O que o senhor quer dizer com perseguição? É perigoso neste momento para Battisti retornar à Itália?
AN –  Eu não sei se é perigoso. Mas é certo que ele foi condenado à prisão perpétua e seria para ele uma situação muito grave. Mas seguramente ele seria alvo de uma perseguição política e midiática.

– Trata-se, portanto, de um temor com fundamento?

AN –  Veja bem, o governo italiano, depois de 30 anos, quer recuperar, para fazer um exemplo, as pessoas que se refugiaram no exterior. E que se refugiaram no exterior porque na Itália havia uma condição de Justiça que era impossível de agüentar.

– O que significa esse "exemplo"? A punição de Battisti resolveria a questão da violência na Itália nos anos 70?
AN –  Precisamente. Resolveria em dois sentidos: por um lado, se recupera aquilo que eles chamam ‘um assassino’; e por outro se esquece aquele que foi um Estado de Exceção, que permitiu a detenção e a prisão preventiva de milhares de pessoas durante estes anos. É necessário recordar que nos anos 70 o limite jurídico da prisão preventiva era fixado em 12 anos. É necessário recordar o uso da tortura e de processos sumários inteiramente construídos sob a palavra de presos aos quais era prometida a liberdade em troca de confissões. Este foi o clima dos anos 70. E não nos esqueçamos que nos anos 70 houve 36 mil detenções, seis mil pessoas foram condenadas e milhares se refugiaram no exterior. E se há quem duvide desses números, e que quer continuar duvidando, basta que deem uma olhada nos relatórios da Anistia Internacional naqueles anos.
Portanto, essa é uma questão muito séria. O caso Battisti é, na verdade, um pobre exemplo de uma estrutura, de um sistema no qual a perseguição, insisto na palavra ‘perseguição’, era acompanhada por enormes escândalos na estrutura política e militar italiana. Houve uma construção, principalmente por meio de uma loja maçônica chamada P2, de uma série de atentados dos quais ainda hoje ninguém sabe quem foram os autores, atentados que deixaram milhares de mortos, por parte da direita. E o governo italiano nunca pediu, por exemplo, que o único condenado por estes atentados seja extraditado do Japão, onde se refugiou. Existe uma desigualdade nas relações que o governo italiano mantém com todos os outros condenados e refugiados de direitas que é maluca. O governo italiano é um governo quase fascista.

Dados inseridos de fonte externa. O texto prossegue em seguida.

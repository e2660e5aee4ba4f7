//! The check of a script on a frame (T.81, B.2.3, G.1.1.1).
ghost use Rattle.std.specs.Prelude.{◌≡◌, ◌≤◌, [], nat_lt, true, false, length};
ghost use Rattle.jpg_spec.specs.Geometry.{factor_sum};
ghost use Rattle.jpg_spec.specs.Lists.{all_of};
ghost use Rattle.jpg_spec.specs.ScanContents.{is_band, are_bits};
ghost use Rattle.jpg_spec_write.specs.ScriptFaults.{ascend, entry_head, has_wrong_component, has_large_mcu, fault_after};
ghost use Rattle.jpg_scans.specs.Judged.{script_process, has_numbers, TakesEntry};

use crate::{Entry, Progress};
use arrayvec::ArrayVec;
use jpg_base::{Frame, Process, ScanHead, ScanPart};
use jpg_spec_write::PictureFault;

// The first fault of entries on a frame.
pub fn fault_of(entries: &[Entry], is_progressive: bool, frame: &Frame) -> Option<PictureFault>
    requires { length entries.now ≤ 100 }
    ensures { result ≡ fault_after is_progressive frame.now [] 0 entries.now }
{
    frame.checked();
    let mut history = Progress::new(&frame.with_process(process_due(is_progressive)));
    let mut number = 0;
    for entry in entries {
        let fault = take_entry(&mut history, frame, is_progressive, number, entry);
        if fault.is_some() {
            return fault;
        }
        number += 1;
    }
    history.first_unknown()
}

// A process of the script's kind that allows all precisions.
fn process_due(is_progressive: bool) -> Process
    ensures { result ≡ script_process is_progressive }
{
    if is_progressive {
        Process::Progressive
    } else {
        Process::Extended
    }
}

// The fault of an entry; an entry without one is noted.
fn take_entry(
    history: &mut Progress,
    frame: &Frame,
    is_progressive: bool,
    number: u8,
    entry: &Entry,
) -> Option<PictureFault>
    ensures { TakesEntry is_progressive frame.now history.old number entry.now result history.new }
{
    frame.checked();
    if has_wrong_component(frame, entry) {
        return Some(PictureFault::ScriptComponent { entry: number });
    }
    if has_large_mcu(frame, entry) {
        return Some(PictureFault::ScriptMcu { entry: number });
    }
    let head = head_of(entry);
    if !has_numbers(frame, is_progressive, &head) {
        return Some(PictureFault::ScriptBand { entry: number });
    }
    match history.admit(&head) {
        Ok(()) => None,
        Err(_) => Some(PictureFault::ScriptBand { entry: number }),
    }
}

// No component, one that isn't in the frame, or some that don't ascend.
fn has_wrong_component(frame: &Frame, entry: &Entry) -> bool
    ensures { result ≡ has_wrong_component frame.now entry.now }
{
    let components = entry.components.as_slice();
    components.is_empty() || (!are_below(frame.count(), components) || !ascend(components))
}

fn are_below(count: u8, components: &[u8]) -> bool
    ensures { result ≡ all_of (λ i. nat_lt i count) components.now }
{
    for i in components {
        if *i >= count {
            return false;
        }
    }
    true
}

fn ascend(components: &[u8]) -> bool
    ensures { result ≡ ascend components.now }
{
    let Some((first, rest)) = components.split_first() else {
        return true;
    };
    let mut last = *first;
    for i in rest {
        if last >= *i {
            return false;
        }
        last = *i;
    }
    true
}

// Several components whose MCU has more than ten blocks.
fn has_large_mcu(frame: &Frame, entry: &Entry) -> bool
    requires { has_wrong_component frame.now entry.now ≡ false }
    ensures { result ≡ has_large_mcu frame.now entry.now }
{
    entry.components.len() > 1 && factor_sum(frame, entry.components.as_slice()) > 10
}

fn factor_sum(frame: &Frame, components: &[u8]) -> u32
    requires known { all_of (λ i. nat_lt i (length frame.now.components)) components.now ≡ true }
    requires few { length components.now ≤ 4 }
    ensures { result ≡ factor_sum frame.now components.now }
{
    let mut sum = 0;
    for i in components {
        let component = frame.component(*i);
        sum += u32::from(component.h) * u32::from(component.v);
    }
    sum
}

// The scan header of an entry, with table slots 0.
fn head_of(entry: &Entry) -> ScanHead
    ensures { result ≡ entry_head entry.now }
{
    let mut parts = ArrayVec::new();
    for i in entry.components.as_slice() {
        parts.push(ScanPart {
            component: *i,
            dc: 0,
            ac: 0,
        });
    }
    ScanHead {
        parts,
        ss: entry.ss,
        se: entry.se,
        ah: entry.ah,
        al: entry.al,
    }
}

// A sequential scan has all coefficients with all their bits, a progressive one the parameters of a scan header.
fn has_numbers(frame: &Frame, is_progressive: bool, head: &ScanHead) -> bool
    ensures { result ≡ has_numbers is_progressive frame.now head.now }
{
    if is_progressive {
        has_band(head) && has_bits(frame, head)
    } else {
        head.ss == 0 && (head.se == 63 && (head.ah == 0 && head.al == 0))
    }
}

// The band is DC, or AC of one component.
fn has_band(head: &ScanHead) -> bool
    ensures { result ≡ is_band (length head.now.parts) head.now }
{
    if head.ss == 0 {
        head.se == 0
    } else {
        head.parts.len() == 1 && (head.ss <= head.se && head.se <= 63)
    }
}

// Ah is 0 or one more than Al.
fn has_bits(frame: &Frame, head: &ScanHead) -> bool
    ensures { result ≡ are_bits frame.now head.now }
{
    (head.ah == 0 || u16::from(head.ah) == u16::from(head.al) + 1) && head.al <= frame.bounds().al
}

– Se houvesse um governo de esquerda na Itália o caso seria o mesmo? [O líder da oposição de centro-esquerda] Romano Prodi faria o mesmo?
AN –
Eu não acredito que Prodi faria o mesmo, mas parte da esquerda faria o mesmo, isso é verdade.

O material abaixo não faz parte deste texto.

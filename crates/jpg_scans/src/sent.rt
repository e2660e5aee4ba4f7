//! What was sent of a component (T.81, G.1.1.1).
ghost use Rattle.std.specs.Prelude.{◌≡◌, ◌<◌, IfSome};
ghost use Rattle.jpg_spec.specs.History.{is_known_to};
ghost use Rattle.jpg_scans.specs.Sent.{first_unknown, is_due, are_due, is_next_in, nothing_sent, IsNoted};

use jpg_base::ScanHead;

// Whether it was in a scan, and for each coefficient the bit down to which it is known.
#[derive(Clone, Copy)]
pub struct Sent {
    pub is_begun: bool,
    pub known: [Option<u8>; 64],
}

impl Sent {
    // A component that was in no scan.
    pub fn new() -> Sent
        ensures { result ≡ nothing_sent }
    {
        Sent {
            is_begun: false,
            known: [None; 64],
        }
    }

    // Whether a scan of this component is its next.
    pub fn is_next(&self, head: &ScanHead) -> bool
        ensures { result ≡ is_next_in self.now head.now }
    {
        (head.ss == 0 || self.known[0].is_some()) && self.has_due(head)
    }

    // Whether each coefficient of the band may be sent next.
    #[tactic(auto, using(crate::proofs::Histories::due_none, crate::proofs::Histories::due_more))]
    fn has_due(&self, head: &ScanHead) -> bool
        ensures { result ≡ are_due self.now head.now 64 }
    {
        let mut all = true;
        for k in 0..64u8 {
            let is_in_band = head.ss <= k && k <= head.se;
            all = all && (!is_in_band || is_due(head.ah, self.known[k as usize]));
        }
        all
    }

    // The first coefficient that isn't known down to bit 0.
    #[tactic(auto, using(crate::proofs::Unknown::next_unknown, crate::proofs::Unknown::end_unknown))]
    pub fn first_unknown(&self) -> Option<u8>
        ensures value { result ≡ first_unknown self.now 0 }
        ensures low { IfSome result (λ k. k < 64) }
    {
        for k in 0..64u8 {
            if !is_whole(self.known[k as usize]) {
                return Some(k);
            }
        }
        None
    }

    // Notes one more scan of it.
    pub fn note(&mut self, head: &ScanHead)
        ensures { IsNoted self.old head.now self.new }
    {
        self.is_begun = true;
        for k in 0..64u8 {
            if head.ss <= k && k <= head.se {
                self.known[k as usize] = Some(head.al);
            }
        }
    }
}

// Whether a coefficient may be sent next: a first pass finds it unsent, a refinement finds it known down to Ah.
fn is_due(ah: u8, known: Option<u8>) -> bool
    ensures { result ≡ is_due ah known }
{
    match known {
        None => ah == 0,
        Some(bit) => ah != 0 && bit == ah,
    }
}

// Whether a coefficient is known down to bit 0.
fn is_whole(known: Option<u8>) -> bool
    ensures { result ≡ is_known_to known 0 }
{
    match known {
        None => false,
        Some(bit) => bit == 0,
    }
}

– Como o senhor vê hoje o PAC [Proletários Armados pelo Comunismo, grupo do qual Battisti fazia parte]?
AN –
O PAC era um grupo muito marginal, mas isso não significa que não estivesse dentro do grande movimento pela autonomia. Mas ouça, o problema é esse: eu acho que as coisas das quais foi acusado Battisti são coisas muito graves, mas – e isso me parece importante dizer – estas são responsabilidades compartilhadas por toda a esquerda verdadeira. Não se trata de um caso específico. O Supremo Tribunal Federal do Brasil construiu uma jurisprudência pela qual foram acolhidos outros italianos nas mesmas condições que Battisti.

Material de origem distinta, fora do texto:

//! Default scans that are added to a script: of all components, of each, of one.
ghost use Rattle.std.specs.Prelude.{◌≡◌, ◌<◌, ◌≤◌, ◌+◌, [], ◌∷◌, ◌++◌, length, map};
ghost use Rattle.jpg_spec.specs.Geometry.{factor_sum};
ghost use Rattle.jpg_spec.specs.Lists.{below};
ghost use Rattle.jpg_spec_write.specs.Script.{of_all, all_components};
ghost use Rattle.jpg_spec_write.specs.ScriptFaults.{of_one, of_each};
ghost use Rattle.jpg_scans.specs.Own.{with_band};

use crate::Entry;
use arrayvec::ArrayVec;
use jpg_base::Frame;

// The band and the bits of a scan.
#[derive(Clone, Copy)]
pub struct Band {
    // The first place, in zigzag order.
    pub ss: u8,
    // The last place.
    pub se: u8,
    // The bit down to which earlier scans sent it, 0 for none.
    pub ah: u8,
    // The bit down to which this one sends it.
    pub al: u8,
}

impl Band {
    pub fn new(ss: u8, se: u8, ah: u8, al: u8) -> Band
        ensures { result ≡ record { ss = ss; se = se; ah = ah; al = al } }
    {
        Band { ss, se, ah, al }
    }
}

// Adds a scan of all components, or one of each if an MCU of all would have more than ten blocks.
pub fn push_all(entries: &mut ArrayVec<Entry, 100>, frame: &Frame, band: Band)
    requires { length entries.old.items + 4 ≤ 100 }
    ensures items { entries.new.items ≡ entries.old.items ++ of_all frame.now band.ss band.se band.ah band.al }
    ensures long { length entries.new.items ≤ length entries.old.items + 4 }
{
    frame.checked();
    let count = frame.count();
    if count > 1 && factor_sum_of_all(frame) > 10 {
        push_each(entries, frame, band);
    } else {
        push_together(entries, count, band);
    }
}

// Adds a scan of each component.
pub fn push_each(entries: &mut ArrayVec<Entry, 100>, frame: &Frame, band: Band)
    requires { length entries.old.items + 4 ≤ 100 }
    ensures items { entries.new.items ≡ entries.old.items ++ of_each frame.now band.ss band.se band.ah band.al }
    ensures long { length entries.new.items ≤ length entries.old.items + 4 }
{
    for i in 0..frame.count() {
        push_one(entries, i, band);
    }
}

// Adds a scan of component `i`.
pub fn push_one(entries: &mut ArrayVec<Entry, 100>, i: u8, band: Band)
    requires { length entries.old.items < 100 }
    ensures items { entries.new.items ≡ entries.old.items ++ of_one i band.ss band.se band.ah band.al ∷ [] }
    ensures long { length entries.new.items ≡ length entries.old.items + 1 }
{
    let mut components = ArrayVec::new();
    components.push(i);
    entries.push(entry_of(components, band));
}

// Adds one scan of the first `count` components.
fn push_together(entries: &mut ArrayVec<Entry, 100>, count: u8, band: Band)
    requires few { count ≤ 4 }
    requires room { length entries.old.items < 100 }
    ensures items { entries.new.items ≡ entries.old.items ++ with_band (below count) band ∷ [] }
    ensures long { length entries.new.items ≡ length entries.old.items + 1 }
{
    let mut components = ArrayVec::new();
    for i in 0..count {
        components.push(i);
    }
    entries.push(entry_of(components, band));
}

fn entry_of(components: ArrayVec<u8, 4>, band: Band) -> Entry
    ensures { result ≡ with_band components.items band }
{
    Entry {
        components,
        ss: band.ss,
        se: band.se,
        ah: band.ah,
        al: band.al,
    }
}

// The blocks of an MCU of all components.
fn factor_sum_of_all(frame: &Frame) -> u32
    requires { length frame.now.components ≤ 4 }
    ensures { result ≡ factor_sum frame.now (all_components frame.now) }
{
    frame.checked();
    let mut sum = 0;
    for i in 0..frame.count() {
        let component = frame.component(i);
        sum += u32::from(component.h) * u32::from(component.v);
    }
    sum
}
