// Why a byte isn't taken.
#[derive(Clone, Copy)]
enum Halt {
    Fault(Fault),
    NoMemory,
}

// The most bytes of contents.
const LONGEST: usize = 65533;

/// Reads a file's segments byte by byte (T.81, B.1.1). It judges markers, lengths, and the size of the markers that are
/// kept, but not contents. Scan data aren't given to it.
#[derive(Drop)]
pub struct SegmentReader {
    // The limits of the input.
    limits: Limits,
    ghost limited: { AreLimits limits },
    // How many bytes of the input were taken, those of scan data among them.
    taken: u64,
    // Where the next byte is.
    phase: Phase,
    // The code of the last marker.
    code: u8,
    // The first byte of the length.
    high: u8,
    // How many bytes of the contents are expected.
    left: u16,
    // The contents so far.
    contents: Vec<u8>,
    // What is remembered of the segments before.
    seen: Seen,
    // Why the reader stopped, if it did.
    stop: Option<Stop>,
}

Antonio Negri, 75, é um filósofo italiano, professor da Universidade de Pádua (Itália) e do Colégio Internacional de Paris (França). Entre os anos 50 e 70, participou dos movimentos de esquerda na Itália, condenando tanto a direita quanto o stalinismo. Esteve preso entre 1979 e 1983, depois se exilou na França por 14 anos. Condenado por subversão, o filósofo voltou para a Itália em 1997 e cumpriu pena até 2003. Atualmente, divide seu tempo entre Veneza e Paris, cidades onde desenvolve atividades acadêmicas.